Residual component and confidence intervals
The final component is the residual (or error) component. This component is the difference between the true value and the value estimated by all other components. It represents the remaining uncertainty and error in the data after the trend, season, and level components have been modeled. This component is important because it forms the basis for confidence intervals.
For each forecasted time step, the tool computes upper and lower bounds of a 90 percent confidence interval for the forecasted value. The forecasted value at each time step represents the single best estimate for the future value, but the confidence interval can be used to visualize the uncertainty and likely range of the true future value. The upper and lower bounds are saved as fields and displayed in pop-up charts of the Output Features.

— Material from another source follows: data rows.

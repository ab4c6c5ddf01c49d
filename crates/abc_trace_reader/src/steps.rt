//! What the next line makes of a trace.
ghost use Rattle.std.specs.Prelude.{◌≡◌, ◌↔◌, ◌+◌, ◌<◌, ◌^◌, ◌++◌, length, map, IfOk, IsTrue};
ghost use Rattle.abc_text.specs.Meanings.{AreDifferent};
ghost use Rattle.abc_trace.specs.WellFormed.{IsName};
ghost use Rattle.abc_trace_lines.specs.Plain as plain;
ghost use Rattle.abc_trace_lines.specs.Plain.{line_text, tail_text};
ghost use Rattle.abc_trace_lines.specs.Spelled.{IsSpelled, SaidIsSpelled, TailIsSpelled};
ghost use Rattle.abc_trace_lines.specs.Reading.{plain_said, plain_tail, plain_line};
ghost use Rattle.abc_trace_order.specs.Lines.{front_text};
ghost use Rattle.abc_trace_order.specs.Reading.{IsReading, IsStep, IsReadSaid, IsReadLine, IsNumberedEnv, MayBeNumber, MayBeNode, MayBeLast, plain_entries, trace_of};

use crate::heads::{is_net, limit_of, nodes_of};
use crate::words::{number_entries, number_heard};
use abc_checks::MOST_COMPONENTS;
use abc_lexer::Names;
use abc_pred::Name;
use abc_trace::{EnvLine, Line, Said};
use abc_trace_lines::{LineParts, SaidParts, lines_are_one, read_line};
use abc_trace_order::{Reading, Step};
use abc_trace_preds::{preds_stay, read_sent};
use abc_value::{List, NoMemory, Value};
use std::alloc::Global;

/// What the next line makes of the trace.
pub fn take_line<'t>(
    alloc: Global,
    reading: &mut Reading<'t>,
    line: &'t [u8],
) -> Result<Step, NoMemory>
    requires read { IsReading reading.old }
    requires short { length (front_text (trace_of reading.old)) + length line.now < 2 ^ 32 }
    ensures { IfOk result (λ s. IsStep reading.old line.now s reading.new) }
{
    lines_are_one();
    match read_line(alloc, line)? {
        None => Ok(Step::Bad),
        Some(LineParts::First(_)) => Ok(Step::Bad),
        Some(LineParts::Number(number, sender, said)) => {
            take_number(alloc, reading, number, sender, said)
        }
        Some(LineParts::Env(component, entries)) => { take_env(alloc, reading, component, entries) }
        Some(LineParts::Node(node, handled)) => take_node(reading, node, handled),
        Some(LineParts::Last(limited, count)) => Ok(last_step(reading, limited, count)),
    }
}

/// The line of a number.
fn take_number<'t>(
    alloc: Global,
    reading: &mut Reading<'t>,
    number: u64,
    sender: &'t [u8],
    said: Option<SaidParts<'t>>,
) -> Result<Step, NoMemory>
    requires read { IsReading reading.old }
    requires spelled { IsSpelled (plain.Number number sender.now (plain_tail said)) }
    requires short { length (front_text (trace_of reading.old))
        + length (line_text (plain.Number number sender.now (plain_tail said))) < 2 ^ 32 }
    ensures { IfOk result (λ s. IsStep reading.old
        (line_text (plain.Number number sender.now (plain_tail said.entry))) s reading.new) }
{
    lines_are_one();
    preds_stay();
    if !may_be_number(reading, number, said.is_some()) {
        return Ok(Step::Bad);
    }
    match read_number(alloc, sender, said, &mut reading.names)? {
        None => Ok(Step::Bad),
        Some(line) => {
            reading.lines.push(line)?;
            Ok(Step::More)
        }
    }
}

/// Whether the line of this number may come next, with something said under it or nothing.
fn may_be_number(reading: &Reading<'_>, number: u64, is_said: bool) -> bool
    requires { length reading.now.lines < 2 ^ 32 }
    ensures { IsTrue result ↔ MayBeNumber reading.now number is_said }
{
    reading.finals.is_empty()
        && number == reading.lines.len() as u64 + 1
        && number <= limit_of(reading.head)
        && (is_said || is_net(reading.head))
}

/// The line of a number, with its words numbered; None where what it says of a predicate is none.
fn read_number<'t>(
    alloc: Global,
    sender: &'t [u8],
    said: Option<SaidParts<'t>>,
    names: &mut Names<'t>,
) -> Result<Option<Line>, NoMemory>
    requires different { AreDifferent names.old }
    requires sender { IsName sender.now }
    requires said { TailIsSpelled (plain_tail said) }
    requires few { length names.old + length (sender.now ++ tail_text (plain_tail said)) < 2 ^ 32 }
    ensures { IfOk result (λ l. IsReadLine names.old sender.now (plain_tail said.entry) names.new l) }
{
    let sender = Name(names.number(sender)?);
    match said {
        None => Ok(Some(Line { sender, said: None })),
        Some(parts) => match read_said(alloc, parts, names)? {
            None => Ok(None),
            Some(said) => Ok(Some(Line {
                sender,
                said: Some(said),
            })),
        },
    }
}

/// What is said, with its words numbered; None where its predicate is none.
fn read_said<'t>(
    alloc: Global,
    said: SaidParts<'t>,
    names: &mut Names<'t>,
) -> Result<Option<Said>, NoMemory>
    requires different { AreDifferent names.old }
    requires said { SaidIsSpelled (plain_said said) }
    requires few { length names.old + length (tail_text (Some (plain_said said))) < 2 ^ 32 }
    ensures { IfOk result (λ s. IsReadSaid names.old (plain_said said.entry) names.new s) }
{
    preds_stay();
    let SaidParts {
        place,
        values,
        pred,
        heard,
    } = said;
    match read_sent(alloc, pred, names)? {
        None => Ok(None),
        Some(pred) => {
            let heard = number_heard(alloc, heard.as_slice(), names)?;
            Ok(Some(Said {
                place,
                values,
                pred,
                heard,
            }))
        }
    }
}

/// The line of an environment.
fn take_env<'t>(
    alloc: Global,
    reading: &mut Reading<'t>,
    component: &'t [u8],
    entries: List<(&'t [u8], Value)>,
) -> Result<Step, NoMemory>
    requires read { IsReading reading.old }
    requires spelled { IsSpelled (plain.Env component.now (plain_entries entries)) }
    requires short { length (front_text (trace_of reading.old))
        + length (line_text (plain.Env component.now (plain_entries entries))) < 2 ^ 32 }
    ensures { IfOk result (λ s. IsStep reading.old
        (line_text (plain.Env component.now (plain_entries entries.entry))) s reading.new) }
{
    lines_are_one();
    preds_stay();
    let count = reading.finals.len();
    if !reading.handled.is_empty() || count >= MOST_COMPONENTS {
        return Ok(Step::Bad);
    }
    let number = reading.components.number(component)?;
    if (number as usize) < count {
        return Ok(Step::Bad);
    }
    let last = read_env(alloc, component, entries, &mut reading.names)?;
    reading.finals.push(last)?;
    Ok(Step::More)
}

/// The line of an environment, with its words numbered.
fn read_env<'t>(
    alloc: Global,
    component: &'t [u8],
    entries: List<(&'t [u8], Value)>,
    names: &mut Names<'t>,
) -> Result<EnvLine, NoMemory>
    requires different { AreDifferent names.old }
    requires spelled { IsSpelled (plain.Env component.now (plain_entries entries)) }
    requires few { length names.old + 1 + length entries < 2 ^ 32 }
    ensures { IfOk result (λ f.
        IsNumberedEnv names.old component.now (plain_entries entries.entry) names.new f) }
{
    let component = Name(names.number(component)?);
    let entries = number_entries(alloc, entries, names)?;
    Ok(EnvLine { component, entries })
}

/// The line of a node.
fn take_node(reading: &mut Reading<'_>, node: u64, handled: u64) -> Result<Step, NoMemory>
    requires read { IsReading reading.old }
    requires spelled { IsSpelled (plain.Node node handled) }
    ensures { IfOk result (λ s. IsStep reading.old (line_text (plain.Node node handled)) s reading.new) }
{
    lines_are_one();
    if !may_be_node(reading, node) {
        return Ok(Step::Bad);
    }
    reading.handled.push(handled)?;
    Ok(Step::More)
}

/// Whether the line of this node may come next.
fn may_be_node(reading: &Reading<'_>, node: u64) -> bool
    ensures { IsTrue result ↔ MayBeNode reading.now node }
{
    !reading.finals.is_empty()
        && node == reading.handled.len() as u64
        && node < nodes_of(reading.head)
}

/// What a last line is.
fn last_step(reading: &Reading<'_>, limited: bool, count: u64) -> Step
    requires read { IsReading reading.now }
    requires spelled { IsSpelled (plain.Last limited count) }
    ensures { IsStep reading.now (line_text (plain.Last limited count)) result reading.now }
{
    lines_are_one();
    if may_be_last(reading, limited, count) {
        Step::Last
    } else {
        Step::Bad
    }
}

/// Whether this last line may come next.
fn may_be_last(reading: &Reading<'_>, limited: bool, count: u64) -> bool
    ensures { IsTrue result ↔ MayBeLast reading.now limited count }
{
    !reading.finals.is_empty()
        && reading.handled.len() as u64 == nodes_of(reading.head)
        && count == reading.lines.len() as u64
        && limited == (count == limit_of(reading.head))
}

The confidence intervals are estimated by assuming that the residuals of the model are independently and identically normally distributed. Under this assumption, formulas for the confidence intervals can be derived. These formulas and their derivations can be found in the textbook in the Additional references section.
Visualize the components
You can visualize the components of your exponential smoothing model by creating an output space-time cube. Use this cube in the Visualize Space Time Cube in 3D tool with the Forecast results option for the Display Theme parameter. A chart is created for the output features, and the various components of the exponential smoothing model can be turned on and off in the Chart Properties pane. When these components are added together, they construct the forecast model and the forecasts for the future time steps. The following image shows the individual components of the exponential smoothing model shown in the first image of this topic:
Identifying time series outliers
Outliers in time series data are values that significantly differ from the patterns and trends of the other values in the time series. For example, large numbers of online purchases around holidays or high numbers of traffic accidents during heavy rainstorms would likely be detected as outliers in their time series. Simple data entry errors, such as omitting the decimal of a number, are another common source of outliers. Identifying outliers in time series forecasting is important because outliers influence the forecast model that is used to forecast future values, and even a small number of outliers in the time series of a location can significantly reduce the accuracy and reliability of the forecasts. Locations with outliers, particularly outliers toward the beginning or end of the time series, may produce misleading forecasts, and identifying these locations helps you determine how confident you should be in the forecasted values at each location.
Outliers are not determined simply by their raw values but instead by how much their values differ from the fitted values of the forecast model. This means that whether or not a value is determined to be an outlier is contextual and depends both on its place and time. The forecast model defines what the value is expected to be based on the entire time series, and outliers are the values that deviate significantly from this baseline. For example, consider a time series of annual mean temperature. Because average temperatures have increased over the last several decades, the fitted forecast model of temperature will also increase over time to reflect this increase. This means that a temperature value that would be considered typical and not an outlier in 1950 would likely be considered an outlier if the same temperature occurred in 2020. In other words, a typical temperature from 1950 would be considered very low by the standards of 2020.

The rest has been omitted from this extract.